Concise CPU/GPU/memory billing, plotted for each day

Searchable logs for a single or multiple inference calls

A model with CUDA, torch, ffmpeg running on T4 cloud, assuming you have a local Python package with myapp/__init__.py and a do_something() model would look like this:

import modal
from modal import (
    Image,
    Mount,
    Secret,
    method,
)

image = (
    Image.from_registry(
        "pytorch/pytorch:2.0.1-cuda11.7-cudnn8-devel",
    )
    .pip_install(
        "openai==0.27.2"
    )
    .apt_install("ffmpeg")
)

stub = modal.Stub(
    "fiki-demo",
    image=image,
    secrets=[Secret.from_name("prod")],
    mounts=[
        Mount.from_local_python_packages("myapp")
    ],
)


@stub.cls(
    timeout=80000,
    gpu="T4"
)
class DiarModel:
    @method()
    def detect(self, data: bytes):
      import torch
      print("Is CUDA available:", torch.cuda.is_available())
      import myapp
      return myapp.do_something(data)

A call is just a matter of DiarModel().detect.remote(data) and deploying from CLI is just modal deploy yourfile.py.

If you can design functions that return JSON serializable data then you can also wrap them with @modal.web_endpoint(method="POST")and your deployment tab will show you the appropriate endpoint URL. Note: I haven’t checked the pricing on REST API bandwidth - if you have more information, please send me a message or comment: is it better to host big blobs on S3 or return them directly?

In conclusion, it’s been a pleasant surprise. At a 12% margin over raw AWS resources, you get a very nice development experience: a well designed CLI, dashboard, Google Colab-like responsiveness and a REST API (that boots GPU code within milliseconds) which you can use to get ML output.

It does seem like they are a young Series A company, which depending on your risk-aversion could mean they are not a suitable choice for you. Their status page indicates they utilize Google Cloud Platform, AWS and Oracle Cloud in order to power the code execution and they have >99.9% uptime so far:

I wish them luck and hope their platform stays developer-focused and reliable.

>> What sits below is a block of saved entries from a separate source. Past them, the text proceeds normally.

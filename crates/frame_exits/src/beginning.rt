//! Modules that an import begins.

ghost use Rattle.std.specs.Prelude.{◌≡◌, ◌<◌, ◌≤◌, ℕ, All, Some, Err, IsSome, IfErr, codes, length, slice_get, true};
ghost use Rattle.mpy_base.specs.declared.limits.TheConstants.{MAX_CALLS as LIMIT};
ghost use Rattle.mpy_base.specs.Val.{PlainWorld};
ghost use Rattle.frame_moves.specs.bc_ops.declared.instr.Op.TheVariants as ops;
ghost use Rattle.frame_moves.specs.arena_heap.declared.value.StrNo.TheVariants as strs;
ghost use Rattle.frame_moves.specs.arena_heap.declared.value.Value.{Value as Item};
ghost use Rattle.bc_library.specs.Shelf.{Shelf};
ghost use Rattle.frame_moves.specs.bc_machine.Library.{Library, Name, Names};
ghost use Rattle.frame_moves.specs.py_effects.Effect.{Place};
ghost use Rattle.frame_moves.specs.prim_faults.Sights.{under, TellsAll, KnowsAnswer};
ghost use Rattle.frame_moves.specs.vm_frames.Placed.{IsPlaced};
ghost use Rattle.frame_moves.specs.Shown.{Tables, view_of, step_of};
ghost use Rattle.frame_moves.specs.Outcomes.{world_of, outcome_of};
ghost use Rattle.frame_exits.specs.Names.{AreTablesOf};
ghost use Rattle.frame_exits.specs.Ends.{with_modules};
ghost use Rattle.frame_exits.specs.Known.{Keeps};
ghost use Rattle.frame_exits.specs.declared.importing.Import.TheVariants as imports;
ghost use Rattle.frame_exits.specs.Importing.{AreOperands, IsImport, StandsFor};
ghost use Rattle.frame_exits.specs.Beginning.{IsOutermost, HasImported};
ghost use Rattle.frame_exits.specs.declared.names.ModuleName.{ModuleName as NameNumbers};

use crate::names::ModuleName;
use arena_heap::{Arena, Constants, StrNo};
use frame_moves::{Frames, Role, moves_law, placed_law};
use prim_modules::{Modules, Stop, make_module};

/// The number of the text of a module's name.
fn name_of(names: &[ModuleName], number: u32) -> ModuleName
    requires { number < length names.now }
    ensures { slice_get names.now number ≡ Some result }
{
    names[number as usize]
}

/// The import begins the module of the number, whose code 0 has these locals: a module is made and registered, and a call of
/// the code begins over the importing one, which stays at its instruction. Where the module doesn't fit, the calls and the
/// registered modules stay. `key` is the text `__name__`.
pub fn begin_import<C: Constants>(
    frames: &mut Frames,
    arena: &mut Arena,
    consts: &C,
    modules: &mut Modules,
    names: &[ModuleName],
    key: StrNo,
    number: u32,
    locals: u32,
) -> Result<(), Stop>
    requires key { C.text_of consts.now key ≡ Some (codes "__name__") }
    requires told { All (λ m. IsSome (C.text_of consts.now (strs.Pool m.name))) names.now }
    requires named { number < length names.now }
    requires shallow { length frames.old.calls < LIMIT }
    requires locals { locals ≤ frames.old.slot_room }
    requires room { length modules.old.entries < modules.old.room }
    requires all_told { TellsAll C.Constants consts.now arena.old }
    ensures steps { (tables : Tables) (shelf : Shelf) (library : Library) (w : PlainWorld) (name : Name) (from level : Item)
        → under C.Constants consts.now AreTablesOf names.now tables → AreOperands from level frames.old.calls
        → IsImport tables.texts tables.tuples shelf (world_of tables (with_modules tables w modules.old) arena.old) true name from level
        (imports.Begin number) → StandsFor tables shelf library → IsOutermost tables library number locals → (place : Place) (paid : ℕ)
        → step_of tables library place paid frames.old.calls (world_of tables (with_modules tables w modules.old) arena.old)
        (Names ops.ImportName name)
        ≡ outcome_of tables place (with_modules tables w modules.new) arena.new frames.old.calls frames.new.calls result }
    ensures begun { (m : NameNumbers) → slice_get names.now number ≡ Some m
        → HasImported number locals m.name frames.old frames.new modules.old modules.new result }
    ensures placed { (tables : Tables) (library : Library) → IsOutermost tables library number locals
        → All (IsPlaced (view_of tables)) frames.old.calls → All (IsPlaced (view_of tables)) frames.new.calls }
    ensures stop { IfErr result (λ stop. KnowsAnswer C.Constants consts.now arena.new (Err stop)) }
    ensures keeps { under C.Constants consts.now Keeps (length names.now) arena.old.objects arena.new.objects frames.old.calls frames.new.calls }
{
    moves_law();
    placed_law();
    let name = name_of(names, number);
    match make_module(arena, consts, modules, key, name.name) {
        Err(stop) => Err(stop),
        Ok(made) => {
            frames.push_call(number, 0, made.names, Role::Import(made.number), locals);
            Ok(())
        }
    }
}
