//! The words of a command: the order that they give, or the first fault from left to right.
#![tactic(auto)]

mod given;
pub mod number;
mod order;
mod words;

pub use given::{MAX_BYTES, MAX_CELLS, MAX_COUNT, MAX_STEPS};
pub use order::{Command, Named, Order, Setting, WordFault};
pub use words::order_of;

Here’s how even the simplest SageMaker GPU configuration looks like: https://github.com/aws/amazon-sagemaker-examples/blob/main/sagemaker-inference-deployment-guardrails/Update-SageMaker-Inference-endpoint-using-rolling-deployment.ipynb … and this doesn’t include all the S3+build configs to ship a pretrained model.

Although giving up on AWS SageMaker was a good idea, before completely giving up on AWS we should have considered raw AWS Elastic Containers with a GPU attached. I’m assuming that’s one of the ways Modal manages to run models internally.